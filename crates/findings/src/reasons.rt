// The reasons for which a line of the table is found: each belongs to a rule of documents 01 and 02, and is one of the reasons of its number.
ghost use Rattle.std.specs.Prelude.{◌≡◌};
ghost use Rattle.findings.specs.Reasons.{rule_of, nth_of};

use refusals::Rule;

#[derive(Clone, Copy, PartialEq, Eq, Debug)]
pub enum Reason {
    // Head and length.
    HeadShort,
    LetterE,
    LetterV,
    LetterP,
    Version,
    Seasons,
    Rows,
    HeadZero,
    Length,
    // Parking: the sum of the durations, of the hours and of the grid.
    Durations,
    Hours,
    Grid,
    // A season: its days, and the days of all seasons up to it.
    Days,
    DaysSoFar,
    Lowest,
    Highest,
    LowestAboveHighest,
    VapourPressure,
    // A row: its vehicles, and the vehicles of all rows up to it.
    Class,
    Technology,
    CanisterCode,
    Carburettor,
    Hot,
    Fill,
    Vehicles,
    Fleet,
    Tank,
    Trips,
    Minutes,
    // Load and saturating load.
    LoadAboveSaturation,
    LoadWithoutCanister,
    SaturationWithoutCanister,
    Exponent,
    // The last bytes of a row: zeros, or the mileage.
    RowZeros,
    Mileage,
    MileageWithoutCanister,
    LoadBesideMileage,
    ExponentBesideMileage,
}

#[tactic(auto, unfolding(crate::specs::Reasons::numbers_of))]
impl Reason {
    // The rule, whose number is the finding's.
    pub fn rule(self) -> Rule
        ensures { result ≡ rule_of self }
    {
        match self {
            Reason::HeadShort => Rule::HeadShort,
            Reason::LetterE | Reason::LetterV | Reason::LetterP => Rule::Mark,
            Reason::Version => Rule::Version,
            Reason::Seasons => Rule::Seasons,
            Reason::Rows => Rule::Rows,
            Reason::HeadZero => Rule::HeadZero,
            Reason::Length => Rule::Length,
            Reason::Durations => Rule::Durations,
            Reason::Hours => Rule::Hours,
            Reason::Grid => Rule::Grid,
            Reason::Days | Reason::DaysSoFar => Rule::Days,
            Reason::Lowest | Reason::Highest | Reason::LowestAboveHighest => Rule::Temperatures,
            Reason::VapourPressure => Rule::VapourPressure,
            Reason::Class | Reason::Technology => Rule::Class,
            Reason::CanisterCode => Rule::CanisterCode,
            Reason::Carburettor | Reason::Hot | Reason::Fill => Rule::Percent,
            Reason::Vehicles => Rule::Vehicles,
            Reason::Fleet => Rule::Fleet,
            Reason::Tank => Rule::Tank,
            Reason::Trips | Reason::Minutes => Rule::Trips,
            Reason::LoadAboveSaturation
            | Reason::LoadWithoutCanister
            | Reason::SaturationWithoutCanister => Rule::Load,
            Reason::Exponent => Rule::Exponent,
            Reason::RowZeros => Rule::RowZeros,
            Reason::Mileage
            | Reason::MileageWithoutCanister
            | Reason::LoadBesideMileage
            | Reason::ExponentBesideMileage => Rule::Mileage,
        }
    }

    // Which of the reasons of its rule it is, from 1.
    pub fn nth(self) -> u64
        ensures { result ≡ nth_of self }
    {
        match self {
            Reason::LetterV
            | Reason::DaysSoFar
            | Reason::Highest
            | Reason::Technology
            | Reason::Hot
            | Reason::Minutes
            | Reason::LoadWithoutCanister
            | Reason::MileageWithoutCanister => 2,
            Reason::LetterP
            | Reason::LowestAboveHighest
            | Reason::Fill
            | Reason::SaturationWithoutCanister
            | Reason::LoadBesideMileage => 3,
            Reason::ExponentBesideMileage => 4,
            _ => 1,
        }
    }
}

================================

## [TASK OBJECTIVE]
The full listing should be reproduced exactly.

## [YOUR SOLUTION]
filename crates/findings/src/reasons.rt
// The reasons for which a line of the table is found: each belongs to a rule of documents 01 and 02, and is one of the reasons of its number.
ghost use Rattle.std.specs.Prelude.{◌≡◌};
ghost use Rattle.findings.specs.Reasons.{rule_of, nth_of};

use refusals::Rule;

#[derive(Clone, Copy, PartialEq, Eq, Debug)]
pub enum Reason {
    // Head and length.
    HeadShort,
    LetterE,
    LetterV,
    LetterP,
    Version,
    Seasons,
    Rows,
    HeadZero,
    Length,
    // Parking: the sum of the durations, of the hours and of the grid.
    Durations,
    Hours,
    Grid,
    // A season: its days, and the days of all seasons up to it.
    Days,
    DaysSoFar,
    Lowest,
    Highest,
    LowestAboveHighest,
    VapourPressure,
    // A row: its vehicles, and the vehicles of all rows up to it.
    Class,
    Technology,
    CanisterCode,
    Carburettor,
    Hot,
    Fill,
    Vehicles,
    Fleet,
    Tank,
    Trips,
    Minutes,
    // Load and saturating load.
    LoadAboveSaturation,
    LoadWithoutCanister,
    SaturationWithoutCanister,
    Exponent,
    // The last bytes of a row: zeros, or the mileage.
    RowZeros,
    Mileage,
    MileageWithoutCanister,
    LoadBesideMileage,
    ExponentBesideMileage,
}

#[tactic(auto, unfolding(crate::specs::Reasons::numbers_of))]
impl Reason {
    // The rule, whose number is the finding's.
    pub fn rule(self) -> Rule
        ensures { result ≡ rule_of self }
    {
        match self {
            Reason::HeadShort => Rule::HeadShort,
            Reason::LetterE | Reason::LetterV | Reason::LetterP => Rule::Mark,
            Reason::Version => Rule::Version,
            Reason::Seasons => Rule::Seasons,
            Reason::Rows => Rule::Rows,
            Reason::HeadZero => Rule::HeadZero,
            Reason::Length => Rule::Length,
            Reason::Durations => Rule::Durations,
            Reason::Hours => Rule::Hours,
            Reason::Grid => Rule::Grid,
            Reason::Days | Reason::DaysSoFar => Rule::Days,
            Reason::Lowest | Reason::Highest | Reason::LowestAboveHighest => Rule::Temperatures,
            Reason::VapourPressure => Rule::VapourPressure,
            Reason::Class | Reason::Technology => Rule::Class,
            Reason::CanisterCode => Rule::CanisterCode,
            Reason::Carburettor | Reason::Hot | Reason::Fill => Rule::Percent,
            Reason::Vehicles => Rule::Vehicles,
            Reason::Fleet => Rule::Fleet,
            Reason::Tank => Rule::Tank,
            Reason::Trips | Reason::Minutes => Rule::Trips,
            Reason::LoadAboveSaturation
            | Reason::LoadWithoutCanister
            | Reason::SaturationWithoutCanister => Rule::Load,
            Reason::Exponent => Rule::Exponent,
            Reason::RowZeros => Rule::RowZeros,
            Reason::Mileage
            | Reason::MileageWithoutCanister
            | Reason::LoadBesideMileage
            | Reason::ExponentBesideMileage => Rule::Mileage,
        }
    }

    // Which of the reasons of its rule it is, from 1.
    pub fn nth(self) -> u64
        ensures { result ≡ nth_of self }
    {
        match self {
            Reason::LetterV
            | Reason::DaysSoFar
            | Reason::Highest
            | Reason::Technology
            | Reason::Hot
            | Reason::Minutes
            | Reason::LoadWithoutCanister
            | Reason::MileageWithoutCanister => 2,
            Reason::LetterP
            | Reason::LowestAboveHighest
            | Reason::Fill
            | Reason::SaturationWithoutCanister
            | Reason::LoadBesideMileage => 3,
            Reason::ExponentBesideMileage => 4,
            _ => 1,
        }
    }
}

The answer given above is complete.